En 1994, les Nord-Coréens ont expulsé des inspecteurs de l’Agence internationale de l’énergie atomique (AIEA) et menacé de retraiter du combustible nucléaire irradié pour en extraire du plutonium, se donnant ainsi la possibilité de fabriquer des armes nucléaires. En cas de guerre dans la péninsule, tout le monde savait que les forces de la Corée du Sud et des États-Unis étaient capables d’infliger une écrasante défaite à celles du Nord. Mais on savait aussi que la Corée du Nord pouvait lancer plus de vingt mille obus et missiles sur Séoul, tout proche de la frontière.

Répondant à une invitation du président Kim Il-sung, et avec l’accord du président Bill Clinton, je me rendis à Pyongyang et négociai un accord aux termes duquel la Corée du Nord arrêterait son programme nucléaire de Yongbyon et permettrait aux inspecteurs de l’AIEA de retourner sur le site pour s’assurer que le combustible irradié n’était pas retraité. Il fut également convenu que des entretiens directs auraient lieu entre les deux Corées. On a donc continué de surveiller le combustible irradié (dont on estimait qu’il permettait de fabriquer une demi-douzaine de bombes), et il y a eu de longues discussions bilatérales. Les États-Unis ont assuré aux Nord-Coréens qu’ils n’avaient à craindre aucune menace militaire, que des livraisons de pétrole remplaceraient la puissance nucléaire perdue et qu’ils les aideraient à construire deux centrales atomiques modernes, sous la surveillance d’inspecteurs internationaux.

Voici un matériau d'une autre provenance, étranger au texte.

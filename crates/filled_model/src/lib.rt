// Filling (document 02, request six): closing's first two rules only, as definitions and laws: no functions. specs/ has the meaning, the model, and what rows
// give; proofs/ has the laws.
#![tactic(auto)]
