//! The interruption codes of the program exceptions that this machine recognizes.

/// No instruction has these bytes, or a service call has a number that is not served.
pub const OPERATION: u16 = 0x0001;
/// A store into a page that may not be changed, or a fetch of instructions from a page that has none.
pub const PROTECTION: u16 = 0x0004;
/// Storage that is not there for the program.
pub const ADDRESSING: u16 = 0x0005;
/// A field, a boundary or an address that the instruction does not allow.
pub const SPECIFICATION: u16 = 0x0006;
/// A sum, a difference or a shift whose value does not fit its register.
pub const FIXED_POINT_OVERFLOW: u16 = 0x0008;
/// A division by zero, or a quotient that does not fit its register.
pub const FIXED_POINT_DIVIDE: u16 = 0x0009;
/// An instruction that wants a transaction, outside one.
pub const SPECIAL_OPERATION: u16 = 0x0013;
/// A constrained transaction that breaks one of its constraints.
pub const TRANSACTION_CONSTRAINT: u16 = 0x0018;
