//! The first reading of the lines: labels, the location, and what is placed.
ghost use Rattle.std.specs.Prelude.{◌≡◌, ◌≤◌, ◌<◌, length, pos, Ok, IsTrue, false};
ghost use Rattle.z_instr.specs.declared.table.TheConstants.{ROWS};
ghost use Rattle.z_text.specs.Labels.{value_in};
ghost use Rattle.z_text.specs.Tokens.{AreTokensIn};
ghost use Rattle.z_reading.specs.Listing.{plan_of, operands_in, table_with, is_bad_label, is_defined, value_on};
ghost use Rattle.z_reading.specs.Listing.{org_line, equ_line, ds_line, dc_line, instruction_line, cpu_line};
ghost use Rattle.z_reading.specs.Listing.{end_line, operation_line, line_gives, tasked, labelled};
ghost use Rattle.z_reading.specs.Listing.{is_nil, is_doubleword};
ghost use Rattle.z_operands.specs.Sizes.{IsKnown, IsMask};
ghost use Rattle.z_reading.specs.Kept.{IsThere};
ghost use Rattle.z_reading.specs.Sizes.{IsPlaced};
ghost use Rattle.z_fields.specs.Steps.{Gives, Answers};

use crate::draft::{Draft, MOST_CPUS, SIZE};
use crate::kept::TextLine;
use crate::parts::{behind, field_behind, heads_in, label_in, operation_in};
use crate::place::{place, start, write};
use crate::reading::Reading;
use std::alloc::Global;
use z_fields::{Kind, LineFault, data_of};
use z_operands::{Operation, Room, one_in, operation_named, read_operands, size_of_row};
use z_text::{Labels, Token, read_tokens};

// ---- labels

fn is_bad_label(operation: Operation, label: &[u8]) -> bool
    ensures { result ≡ is_bad_label operation label.now }
{
    match operation {
        Operation::Equ => label.is_empty(),
        Operation::Instruction(_, _) | Operation::Ds | Operation::Dc => false,
        _ => !label.is_empty(),
    }
}

fn is_defined(label: &[u8], labels: &Labels) -> bool
    ensures { result ≡ is_defined label.now (value_in labels.now) }
{
    match label {
        [] => false,
        _ => labels.value(label).is_some(),
    }
}

/// Gives the label, where there is one, its value.
fn define(labels: &mut Labels, label: &[u8], value: i128) -> Result<(), LineFault>
    requires fresh { is_defined label.now (value_in labels.old) ≡ false }
    requires value { IsTrue (is_doubleword value) }
    ensures { Gives result (Ok (table_with label.now value (value_in labels.old))) (value_in labels.new) }
{
    match label {
        [] => Ok(()),
        _ => {
            labels.set(label, value)?;
            Ok(())
        }
    }
}

/// Gives the label, where there is one, the location as its value.
fn define_here(draft: &mut Draft, label: &[u8]) -> Result<(), LineFault>
    requires fresh { is_defined label.now (value_in draft.old.labels) ≡ false }
    ensures gives { Gives result (Ok (labelled label.now (pos draft.old.here) (plan_of draft.old)))
        (plan_of draft.new) }
    ensures text { draft.new.works.text ≡ draft.old.works.text }
{
    define(&mut draft.labels, label, draft.here as i128)
}

// ---- operations

/// The value of the one expression of a line, by the labels so far.
fn value_on(
    room: &mut Room,
    draft: &Draft,
    line: &[u8],
    tokens: &[Token],
) -> Result<i128, LineFault>
    requires tokens { AreTokensIn line.now tokens.now }
    ensures { Answers (λ v. v) result (value_on line.now (operands_in tokens.now) (plan_of draft.now)) }
{
    let first = heads_in(tokens);
    read_operands(
        room,
        Kind::BadDirective,
        line,
        tokens,
        first,
        &draft.labels,
        draft.here,
    )?;
    Ok(one_in(&room.operands)?)
}

#[tactic(auto, unfolding(crate::specs::Listing::org_line))]
fn org(room: &mut Room, draft: &mut Draft, line: &[u8], tokens: &[Token]) -> Result<(), LineFault>
    requires tokens { AreTokensIn line.now tokens.now }
    ensures gives { Gives result (org_line line.now (operands_in tokens.now) (plan_of draft.old))
        (plan_of draft.new) }
    ensures text { draft.new.works.text ≡ draft.old.works.text }
{
    let value = value_on(room, draft, line, tokens)?;
    if value < 0 || (SIZE as i128) < value {
        return Err(LineFault::Failed(Kind::OutOfRange));
    }
    draft.here = value as usize;
    Ok(())
}

#[tactic(auto, unfolding(crate::specs::Listing::equ_line))]
fn equ(
    room: &mut Room,
    draft: &mut Draft,
    label: &[u8],
    line: &[u8],
    tokens: &[Token],
) -> Result<(), LineFault>
    requires tokens { AreTokensIn line.now tokens.now }
    requires fresh { is_defined label.now (value_in draft.old.labels) ≡ false }
    ensures gives { Gives result (equ_line label.now line.now (operands_in tokens.now) (plan_of draft.old))
        (plan_of draft.new) }
    ensures text { draft.new.works.text ≡ draft.old.works.text }
{
    let value = value_on(room, draft, line, tokens)?;
    if !is_doubleword(value) {
        return Err(LineFault::Failed(Kind::OutOfRange));
    }
    define(&mut draft.labels, label, value)
}

/// Whether it is from -2^63 to 2^64 - 1.
pub fn is_doubleword(value: i128) -> bool
    ensures { result ≡ is_doubleword value }
{
    -0x8000_0000_0000_0000 <= value && value <= 0xFFFF_FFFF_FFFF_FFFF
}

#[tactic(auto, unfolding(crate::specs::Listing::ds_line))]
fn ds(
    room: &mut Room,
    draft: &mut Draft,
    label: &[u8],
    line: &[u8],
    tokens: &[Token],
) -> Result<(), LineFault>
    requires tokens { AreTokensIn line.now tokens.now }
    requires fresh { is_defined label.now (value_in draft.old.labels) ≡ false }
    ensures gives { Gives result (ds_line label.now line.now (operands_in tokens.now) (plan_of draft.old))
        (plan_of draft.new) }
    ensures text { draft.new.works.text ≡ draft.old.works.text }
{
    let value = value_on(room, draft, line, tokens)?;
    if value < 0 || (SIZE as i128) < value {
        return Err(LineFault::Failed(Kind::OutOfRange));
    }
    define_here(draft, label)?;
    place(draft, value as usize)
}

#[tactic(auto, unfolding(crate::specs::Listing::dc_line))]
fn dc(alloc: Global, draft: &mut Draft, label: &[u8], field: &[u8]) -> Result<(), LineFault>
    requires fresh { is_defined label.now (value_in draft.old.labels) ≡ false }
    ensures gives { Gives result (dc_line label.now field.now (plan_of draft.old)) (plan_of draft.new) }
    ensures text { draft.new.works.text ≡ draft.old.works.text }
{
    let bytes = data_of(alloc, field)?;
    define_here(draft, label)?;
    write(draft, &bytes)
}

#[tactic(auto, unfolding(crate::specs::Listing::instruction_line))]
fn instruction(
    draft: &mut Draft,
    label: &[u8],
    line: TextLine,
    row: u16,
    mask: Option<u8>,
) -> Result<(), LineFault>
    requires there { IsThere draft.old.works.text.now line.first line.bytes.now }
    requires short { length line.bytes.now ≤ 120 }
    requires fresh { is_defined label.now (value_in draft.old.labels) ≡ false }
    requires row { row < ROWS }
    requires mask { IsMask mask }
    ensures gives { Gives result (instruction_line line.entry.number label.now line.entry.bytes.now row mask
        (plan_of draft.old))
        (plan_of draft.new) }
    ensures text { draft.new.works.text ≡ draft.old.works.text }
{
    let here = draft.here;
    define_here(draft, label)?;
    start(draft, size_of_row(row))?;
    draft
        .works
        .keep(line, here as u32, Operation::Instruction(row, mask))?;
    Ok(())
}

/// Leaves a line to the second reading.
fn leave(draft: &mut Draft, line: TextLine, operation: Operation) -> Result<(), LineFault>
    requires there { IsThere draft.old.works.text.now line.first line.bytes.now }
    requires short { length line.bytes.now ≤ 120 }
    requires placed { IsPlaced draft.old.here operation }
    ensures gives { Gives result (Ok (tasked line.entry.number draft.old.here line.entry.bytes.now operation
        (plan_of draft.old)))
        (plan_of draft.new) }
    ensures text { draft.new.works.text ≡ draft.old.works.text }
{
    let here = draft.here;
    draft.works.keep(line, here as u32, operation)?;
    Ok(())
}

#[tactic(auto, unfolding(crate::specs::Listing::cpu_line))]
fn cpu(draft: &mut Draft, line: TextLine) -> Result<(), LineFault>
    requires there { IsThere draft.old.works.text.now line.first line.bytes.now }
    requires short { length line.bytes.now ≤ 120 }
    ensures gives { Gives result (cpu_line line.entry.number line.entry.bytes.now (plan_of draft.old)) (plan_of draft.new) }
    ensures text { draft.new.works.text ≡ draft.old.works.text }
{
    if draft.cpus >= MOST_CPUS {
        return Err(LineFault::Failed(Kind::OutOfRange));
    }
    draft.cpus += 1;
    leave(draft, line, Operation::Cpu)
}

fn is_nil(tokens: &[Token]) -> bool
    ensures { result ≡ is_nil tokens.now }
{
    matches!(tokens, [])
}

#[tactic(auto, unfolding(crate::specs::Listing::end_line))]
fn end(draft: &mut Draft, tokens: &[Token]) -> Result<(), LineFault>
    ensures gives { Gives result (end_line (operands_in tokens.now) (plan_of draft.old)) (plan_of draft.new) }
    ensures text { draft.new.works.text ≡ draft.old.works.text }
{
    if !is_nil(behind(tokens, heads_in(tokens))) {
        return Err(LineFault::Failed(Kind::BadDirective));
    }
    draft.ended = true;
    Ok(())
}

/// Does what a line of this operation does. The tokens are those of the line; `behind` is the place after the
/// operation.
#[tactic(auto, unfolding(crate::specs::Listing::operation_line))]
fn run(
    alloc: Global,
    room: &mut Room,
    draft: &mut Draft,
    operation: Operation,
    label: &[u8],
    line: TextLine,
    behind: usize,
    tokens: &[Token],
) -> Result<(), LineFault>
    requires there { IsThere draft.old.works.text.now line.first line.bytes.now }
    requires short { length line.bytes.now ≤ 120 }
    requires tokens { AreTokensIn line.bytes.now tokens.now }
    requires fresh { is_defined label.now (value_in draft.old.labels) ≡ false }
    requires known { IsKnown operation }
    requires behind { behind ≤ length line.bytes.now }
    ensures gives { Gives result (operation_line operation line.entry.number label.now line.entry.bytes.now behind
        (operands_in tokens.now) (plan_of draft.old)) (plan_of draft.new) }
    ensures text { draft.new.works.text ≡ draft.old.works.text }
{
    match operation {
        Operation::Instruction(row, mask) => instruction(draft, label, line, row, mask),
        Operation::Org => org(room, draft, line.bytes, tokens),
        Operation::Equ => equ(room, draft, label, line.bytes, tokens),
        Operation::Ds => ds(room, draft, label, line.bytes, tokens),
        Operation::Dc => dc(alloc, draft, label, field_behind(behind, line.bytes)),
        Operation::Cpu => cpu(draft, line),
        Operation::End => end(draft, tokens),
        _ => leave(draft, line, operation),
    }
}

/// Reads a line for the first time.
#[tactic(auto, unfolding(crate::specs::Listing::line_gives))]
pub fn read_first(
    alloc: Global,
    reading: &mut Reading,
    draft: &mut Draft,
    line: TextLine,
) -> Result<(), LineFault>
    requires { IsThere draft.old.works.text.now line.first line.bytes.now }
    ensures gives { Gives result (line_gives line.entry.number line.entry.bytes.now (plan_of draft.old))
        (plan_of draft.new) }
    ensures text { draft.new.works.text ≡ draft.old.works.text }
{
    read_tokens(line.bytes, &mut reading.tokens)?;
    let tokens = &reading.tokens;
    let Some(name) = operation_in(tokens) else {
        return Ok(());
    };
    if draft.ended {
        return Err(LineFault::Failed(Kind::BadDirective));
    }
    let Some(operation) = operation_named(&line.bytes[name.first..name.end]) else {
        return Err(LineFault::Failed(Kind::UnknownMnemonic));
    };
    let label = label_in(line.bytes, tokens);
    if is_bad_label(operation, label) {
        return Err(LineFault::Failed(Kind::BadDirective));
    }
    if is_defined(label, &draft.labels) {
        return Err(LineFault::Failed(Kind::DoubleLabel));
    }
    run(
        alloc,
        &mut reading.room,
        draft,
        operation,
        label,
        line,
        name.end,
        tokens,
    )
}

Hélas ! Au début de 2002, les États-Unis ont accusé la Corée du Nord d’appartenir à l’« axe du Mal », l’ont menacée d’une intervention militaire, ont arrêté les livraisons de pétrole et la construction des centrales atomiques, et refusé de participer à de nouveaux entretiens bilatéraux. Réagissant à sa manière regrettable mais prévisible, Pyongyang s’est alors retiré du traité de non-prolifération nucléaire, a expulsé les inspecteurs de l’AIEA, a repris le retraitement des barres de combustible et a commencé à travailler sur des engins explosifs nucléaires.
Les entretiens des Six ont finalement abouti, en septembre dernier, à un accord qui, d’une part, invitait la Corée du Nord à renoncer totalement à ses armes et à ses programmes nucléaires et, de l’autre, faisait obligation à Washington et à Pyongyang de respecter leur souveraineté, de coexister pacifiquement et de normaliser leurs relations. Les deux parties se sont par la suite mutuellement accusées d’avoir violé l’accord. Les États-Unis ont imposé de lourdes sanctions financières, et Pyongyang a choisi la très inquiétante option nucléaire. Résultat : la situation militaire est aujourd’hui pire qu’il y a dix ans. Nous avons toujours les moyens d’anéantir l’armée de la Corée du Nord, mais au prix, sans doute, de plus d’un million de morts sud-coréens et américains.
S’il se confirme que la récente explosion qui a eu lieu en Corée du Nord est bien d’origine nucléaire, la communauté internationale va se retrouver devant des choix difficiles. Elle pourrait, c’est l’hypothèse la plus vraisemblable, essayer de contraindre les dirigeants de Pyongyang à renoncer à leur programme nucléaire par des menaces militaires et un renforcement de l’embargo, au risque d’aggraver les souffrances d’un peuple qui meurt déjà de faim. Mais deux faits importants doivent être pris en considération. Le premier est que Kim Jong-il et ses chefs militaires ont prouvé qu’ils étaient à peu près insensibles à ce type de menace. Le second que la Chine et la Corée du Sud ont indiqué qu’elles ne souhaitaient pas déstabiliser le régime. Une autre solution consisterait à appliquer l’accord de septembre sur la dénucléarisation, ce qui, selon les Nord-Coréens, est encore possible. Le cadre d’un accord étape par étape existe : les États-Unis déclareraient qu’ils n’ont pas d’intentions hostiles et sont prêts à envisager des relations normales avec la Corée du Nord si celle-ci renonce à tout nouveau programme nucléaire et reste en paix avec ses voisins. Chaque étape serait confirmée par des actions réciproques, combinées à des inspections internationales totalement libres.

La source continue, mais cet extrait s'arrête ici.